● TASK DETAILS:
Find the lines of the material below that include the string "answers", then copy each one.

● DATASET EXTRACT:
+--

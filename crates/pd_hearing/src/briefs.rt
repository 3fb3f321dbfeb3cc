//! Brief messages, and the boxes that answer one with at most another one.

ghost use Rattle.std.specs.Prelude.{◌≡◌, ◌≤◌, ◌&&◌, ℕ, true, false, length, None, IfSome, IfNone};
ghost use Rattle.pd_atom.specs.Names.{Names};
ghost use Rattle.pd_arith.specs.Rows.{binary_of, pair_row, arith_row};
ghost use Rattle.pd_plain.specs.Values.{leaves, float_row, int_row};
ghost use Rattle.pd_object.specs.declared.kinds.Kind.TheVariants.{Arith as ArithKind, Glue as GlueKind};
ghost use Rattle.pd_kind.specs.declared.states.State.TheVariants.{Float as FloatState, Int as IntState, Until as UntilState};
ghost use Rattle.pd_glue.specs.Rows.{glue_heard, resumed as kind_resumed};
ghost use Rattle.pd_plain.specs.Timed.{until_resumed};
ghost use Rattle.pd_plain.specs.Rows.{value_row, resumed as glue_resumed};
ghost use Rattle.pd_grove.specs.Telling.{kind_in, with_state};
ghost use Rattle.pd_hearing.specs.Outlets.{is_outlet_glue, is_outlet_kind, is_outlet};
ghost use Rattle.pd_hearing.specs.declared.briefs.Brief.TheVariants.{Bang as BangBrief, Float as FloatBrief};
ghost use Rattle.pd_hearing.specs.Worlds.{net_of, states_of};
ghost use Rattle.pd_hearing.specs.Guards as guard;
ghost use Rattle.pd_hearing.specs.Hearing.{heard_at as reply_at, heard_kind, box_heard, box_resumed, resumed_at, glue_table, table_name};
ghost use Rattle.pd_hearing.specs.Briefs.{selector_of, atoms_of, said_of, again, IfHeard, IfUnheard, is_heard, is_taken, is_value, is_answered, is_answered_in, is_answered_at, is_asked, is_asked_in, has_turn_left, has_turn, has_turn_in, has_turn_at};
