//! What a box of a running patch does with a message, when its clock fires, when it is resumed and when it is
//! loaded; and what it asks for beside its sends.
//!
//! `hear_at`, `resume_at`, `fire_at` and `load_at` give what the box of a key does: its row, beside the table that
//! its kind names; and `do_deed` what its deed changes: its clock, or a value of a table. All else of the patch
//! stays.
//!
//! What a box hears meets the conditions of the objects' crates: that is looked at before each hearing, at a cost
//! of a few comparisons, and the definitions say what is passed over (`Guards`): a message of more than 1,024 atoms
//! or with a name that the table lacks, a box whose lists are longer or name such, a `vline~` whose block has run
//! beyond now. In a patch in order none of this ever happens (`pd_guards`).
//!
//! `hear_brief` does the same as `hear_at` for a brief message (a bang, or one number) at a box that answers it
//! with at most another one: `float`, `int`, `bang`, `receive`, the `inlet` of a canvas and the arithmetic objects
//! with two inlets. Asked of all boxes it answers exactly where the box's kind, what it keeps, the inlet and the
//! message say so, and asked of the common ones, `float` and the operations as `+`, at those of them alone; it
//! gives then exactly what `hear_at` says of such a message, and of another box that it has heard nothing, with
//! nothing changed. `goes_on_at` does the same as `resume_at` for an `until` that runs and has a turn left, and for
//! no other box, or changes nothing.
//!
//! No call takes memory.
//!
//! Definitions: `Worlds` (what an event leaves and what it changes), `Hearing`, `Deeds`, `Guards`, `Briefs`,
//! `Outlets`.
#![tactic(auto)]

mod briefs;
mod deeds;
mod hearing;
mod known;
mod small;

pub use briefs::{Asked, Brief, Reaction, goes_on_at, hear_brief};
pub use deeds::do_deed;
pub use hearing::{fire_at, hear_at, load_at, resume_at};
pub use known::{are_known, is_known, is_name};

+--

● RESULT:
//! `hear_brief` does the same as `hear_at` for a brief message (a bang, or one number) at a box that answers it
//! with two inlets. Asked of all boxes it answers exactly where the box's kind, what it keeps, the inlet and the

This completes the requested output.